New Computational Tools may Lead to More Efficient Electric Vehicles

Extensive adoption of hydrogen-powered vehicles over conventional electric vehicles needs fuel cells that can safely convert oxygen and hydrogen into water — a major implementation issue.

New Computational Tools may Lead to More Efficient Electric Vehicles.
Schematic inner workings of the electrodes in a fuel cell, and the importance of key parameters. Image Credit: Heinz et al., 2021.

Scientists from the University of Colorado Boulder are now dealing with one aspect of that barrier by designing new computational models and tools required to better understand and control the conversion process.

Hendrik Heinz, an associate professor from the Department of Chemical and Biological Engineering, is heading the study in collaboration with the University of California Los Angeles. Recently, Heinz’s team has published the latest results on this topic in the journal, Science Advances.

Fuel cell electric vehicles integrate hydrogen in a tank along with atmospheric oxygen to generate the electricity required to run the vehicle. These vehicles do not have to be plugged in to charge, and they also provide an additional benefit of generating water vapor as a byproduct. These features, including other factors, have made them a fascinating option in the green and renewable energy transportation fields.

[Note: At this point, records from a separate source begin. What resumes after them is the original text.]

// A module's name, its text, and one file of its translation.
const WRITTEN: [(&str, &str, &str, &str); 19] = [
    ("main", "", "shed-forward.hpp", FORWARD),
    ("main", "", "main.hpp", HEADER),
    ("main", "", "main.cpp", SOURCE),
    ("main", "", "Makefile", MAKEFILE),
    ("main", "", "main.types", TYPES),
    (
        "main",
        "print(2147483647 + 1)\n",
        "main.cpp",
        "#include \"shed-support.hpp\"\n#include \"shed-forward.hpp\"\n#include \"main.hpp\"\nvoid body_main() {\n  shed::str* t_0 = nullptr;\n  t_0 = shed::text_of((2147483647 + 1));\n  shed::write(t_0);\n  shed::write(\"\\012\"_t);\n}\nint main() { return shed::start(&body_main); }\n",
    ),
    (
        "main",
        "x = 1\nprint(x + 2)\n",
        "main.cpp",
        "#include \"shed-support.hpp\"\n#include \"shed-forward.hpp\"\n#include \"main.hpp\"\nint32_t g_0_x = 0;\nvoid body_main() {\n  shed::str* t_0 = nullptr;\n  g_0_x = 1;\n  t_0 = shed::text_of((g_0_x + 2));\n  shed::write(t_0);\n  shed::write(\"\\012\"_t);\n}\nint main() { return shed::start(&body_main); }\n",
    ),
    (
        "main",
        "x = 1\nprint(x + 2)\n",
        "main.types",
        "shed types 1\nrounds 1\ntemplate T0 main ()\nfamily F0\ngroup G0 T0\nglobal main.x int {int}\n",
    ),
    (
        "main",
        "x = 1\ny = - x * 2 - 3\nx = y\n",
        "main.cpp",
        "#include \"shed-support.hpp\"\n#include \"shed-forward.hpp\"\n#include \"main.hpp\"\nint32_t g_0_x = 0;\nint32_t g_0_y = 0;\nvoid body_main() {\n  g_0_x = 1;\n  g_0_y = (((-g_0_x) * 2) - 3);\n  g_0_x = g_0_y;\n}\nint main() { return shed::start(&body_main); }\n",
    ),
    (
        "main",
        "_ = 1\n__x = 2\nZ = 3\naZ_ = 4\nx_ = 5\n",
        "main.hpp",
        "#pragma once\n#include \"shed-forward.hpp\"\nextern int32_t g_0_Z_;\nextern int32_t g_0_Z_Z_x;\nextern int32_t g_0_ZZ;\nextern int32_t g_0_aZZ_;\nextern int32_t g_0_x_;\nvoid body_main();\n",
    ),
    (
        "main",
        "x = 1\nif x < 3:\n    print(x)\n",
        "main.cpp",
        "#include \"shed-support.hpp\"\n#include \"shed-forward.hpp\"\n#include \"main.hpp\"\nint32_t g_0_x = 0;\nvoid body_main() {\n  shed::str* t_0 = nullptr;\n  g_0_x = 1;\n  if ((g_0_x < 3)) {\n    t_0 = shed::text_of(g_0_x);\n    shed::write(t_0);\n    shed::write(\"\\012\"_t);\n  }\n}\nint main() { return shed::start(&body_main); }\n",
    ),
    (
        "main",
        "x = 1\nif x >= - 3 + x:\n x = 2\nelse:\n x = 3\ny = x\n",
        "main.cpp",
        "#include \"shed-support.hpp\"\n#include \"shed-forward.hpp\"\n#include \"main.hpp\"\nint32_t g_0_x = 0;\nint32_t g_0_y = 0;\nvoid body_main() {\n  g_0_x = 1;\n  if ((g_0_x >= ((-3) + g_0_x))) {\n    g_0_x = 2;\n  } else {\n    g_0_x = 3;\n  }\n  g_0_y = g_0_x;\n}\nint main() { return shed::start(&body_main); }\n",
    ),
    (
        "main",
        "x = 3\nwhile x != 0:\n\n  x = x - 1\n  \n\n  print(x * 2)\n",
        "main.cpp",
        "#include \"shed-support.hpp\"\n#include \"shed-forward.hpp\"\n#include \"main.hpp\"\nint32_t g_0_x = 0;\nvoid body_main() {\n  shed::str* t_0 = nullptr;\n  g_0_x = 3;\n  while ((g_0_x != 0)) {\n    g_0_x = (g_0_x - 1);\n    t_0 = shed::text_of((g_0_x * 2));\n    shed::write(t_0);\n    shed::write(\"\\012\"_t);\n  }\n}\nint main() { return shed::start(&body_main); }\n",
    ),
    (
        "main",
        "x = 0\nwhile x <= 9:\n   if x == 4:\n    while x > 5:\n          b = 1\n    x = x + 1\n   else:\n        if 1 < 2:\n         a = x\n   x = x - 1\nif x < 1:\n  x = 7\n  if x < 2:\n    x = 8\n",
        "main.cpp",
        "#include \"shed-support.hpp\"\n#include \"shed-forward.hpp\"\n#include \"main.hpp\"\nint32_t g_0_x = 0;\nint32_t g_0_b = 0;\nint32_t g_0_a = 0;\nvoid body_main() {\n  g_0_x = 0;\n  while ((g_0_x <= 9)) {\n    if ((g_0_x == 4)) {\n      while ((g_0_x > 5)) {\n        g_0_b = 1;\n      }\n      g_0_x = (g_0_x + 1);\n    } else {\n      if ((1 < 2)) {\n        g_0_a = g_0_x;\n      }\n    }\n    g_0_x = (g_0_x - 1);\n  }\n  if ((g_0_x < 1)) {\n    g_0_x = 7;\n    if ((g_0_x < 2)) {\n      g_0_x = 8;\n    }\n  }\n}\nint main() { return shed::start(&body_main); }\n",
    ),
    (
        "main",
        "x = 1\nif x > 0:\n  b = 1\nelse:\n  a = 1\n  x = 2\nwhile x == 3:\n  y = 1\n  b = 4\n_ = 5\n",
        "main.hpp",
        "#pragma once\n#include \"shed-forward.hpp\"\nextern int32_t g_0_x;\nextern int32_t g_0_b;\nextern int32_t g_0_a;\nextern int32_t g_0_y;\nextern int32_t g_0_Z_;\nvoid body_main();\n",
    ),
    (
        "main",
        "x = 1\nif x > 0:\n  b = 1\nelse:\n  a = 1\n  x = 2\nwhile x == 3:\n  y = 1\n  b = 4\n_ = 5\n",
        "main.types",
        "shed types 1\nrounds 1\ntemplate T0 main ()\nfamily F0\ngroup G0 T0\nglobal main.x int {int}\nglobal main.b int {int}\nglobal main.a int {int}\nglobal main.y int {int}\nglobal main._ int {int}\n",
    ),
    (
        "main",
        "# a module\n\n\t\nx\t=  0x1F # thirty-one\r\ny = x ; print(y,);\nif x < 0b11: y = 1\nelif x < 0o17:\n\ty = 2\nelse : y = \\\n 1_0",
        "main.cpp",
        "#include \"shed-support.hpp\"\n#include \"shed-forward.hpp\"\n#include \"main.hpp\"\nint32_t g_0_x = 0;\nint32_t g_0_y = 0;\nvoid body_main() {\n  shed::str* t_0 = nullptr;\n  g_0_x = 31;\n  g_0_y = g_0_x;\n  t_0 = shed::text_of(g_0_y);\n  shed::write(t_0);\n  shed::write(\"\\012\"_t);\n  if ((g_0_x < 3)) {\n    g_0_y = 1;\n  } else {\n    if ((g_0_x < 15)) {\n      g_0_y = 2;\n    } else {\n      g_0_y = 10;\n    }\n  }\n}\nint main() { return shed::start(&body_main); }\n",
    ),
    (
        "main",
        "\u{feff}x = - - 1 - \\\r\n 2",
        "main.cpp",
        "#include \"shed-support.hpp\"\n#include \"shed-forward.hpp\"\n#include \"main.hpp\"\nint32_t g_0_x = 0;\nvoid body_main() {\n  g_0_x = ((-(-1)) - 2);\n}\nint main() { return shed::start(&body_main); }\n",
    ),
    (
        "Z",
        "",
        "Z.hpp",
        "#pragma once\n#include \"shed-forward.hpp\"\nvoid body_ZZ();\n",
    ),
];

// Whether the translation of a module leaves this file, and says nothing. A second run is to leave the same.
fn leaves(rt: &HostRuntime, name: &str, text: &str, file: &str, want: &str) -> Result<bool, Fail> {
    let alloc = rt.alloc();
    let source = format!(in alloc; "{name}.py")?;
    let words = format!(in alloc; "translate {name}")?;
    let mut folder = folder_with(rt, source.as_str(), text)?;
    let first = ends(rt, words.as_str(), &mut folder, 0, "")? && holds(&folder, file, want);
    let second = ends(rt, words.as_str(), &mut folder, 0, "")? && holds(&folder, file, want);
    Ok(first && second)
}

#[test]
fn writes_the_files(rt: HostRuntime) -> Result<(), Fail> {
    for (name, text, file, want) in WRITTEN {
        let is_left = leaves(&rt, name, text, file, want)?;
        assert!(rt; is_left, "{file} at {text:?}");
    }
    Ok(())
}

Heinz said that the main goal in making these vehicles feasible is to identify an efficient catalyst in the fuel cell that can “burn” hydrogen with oxygen under regulated conditions required for safe travel.

Scientists are also searching for a catalyst that can perform this task at near room temperatures, with an extended lifetime and high efficiency in an acidic solution. Platinum metal is generally utilized for this purpose, but anticipating the reactions and the most optimal materials to use for scaling up or for varied conditions has been a challenge so far.

For decades, researchers have struggled to predict the complex processes needed for this work, though enormous progress has been made using nanoplates, nanowires and many other nanostructures.

Hendrik Heinz, Associate Professor, Department of Chemical and Biological Engineering, University of Colorado at Boulder

To address this, we have developed models for metal nanostructures and oxygen, water and metal interactions that exceed the accuracy of current quantum methods by more than 10 times. The models also enable the inclusion of the solvent and dynamics and reveal quantitative correlations between oxygen accessibility to the surface and catalytic activity in the oxygen reduction reaction,” added Heinz.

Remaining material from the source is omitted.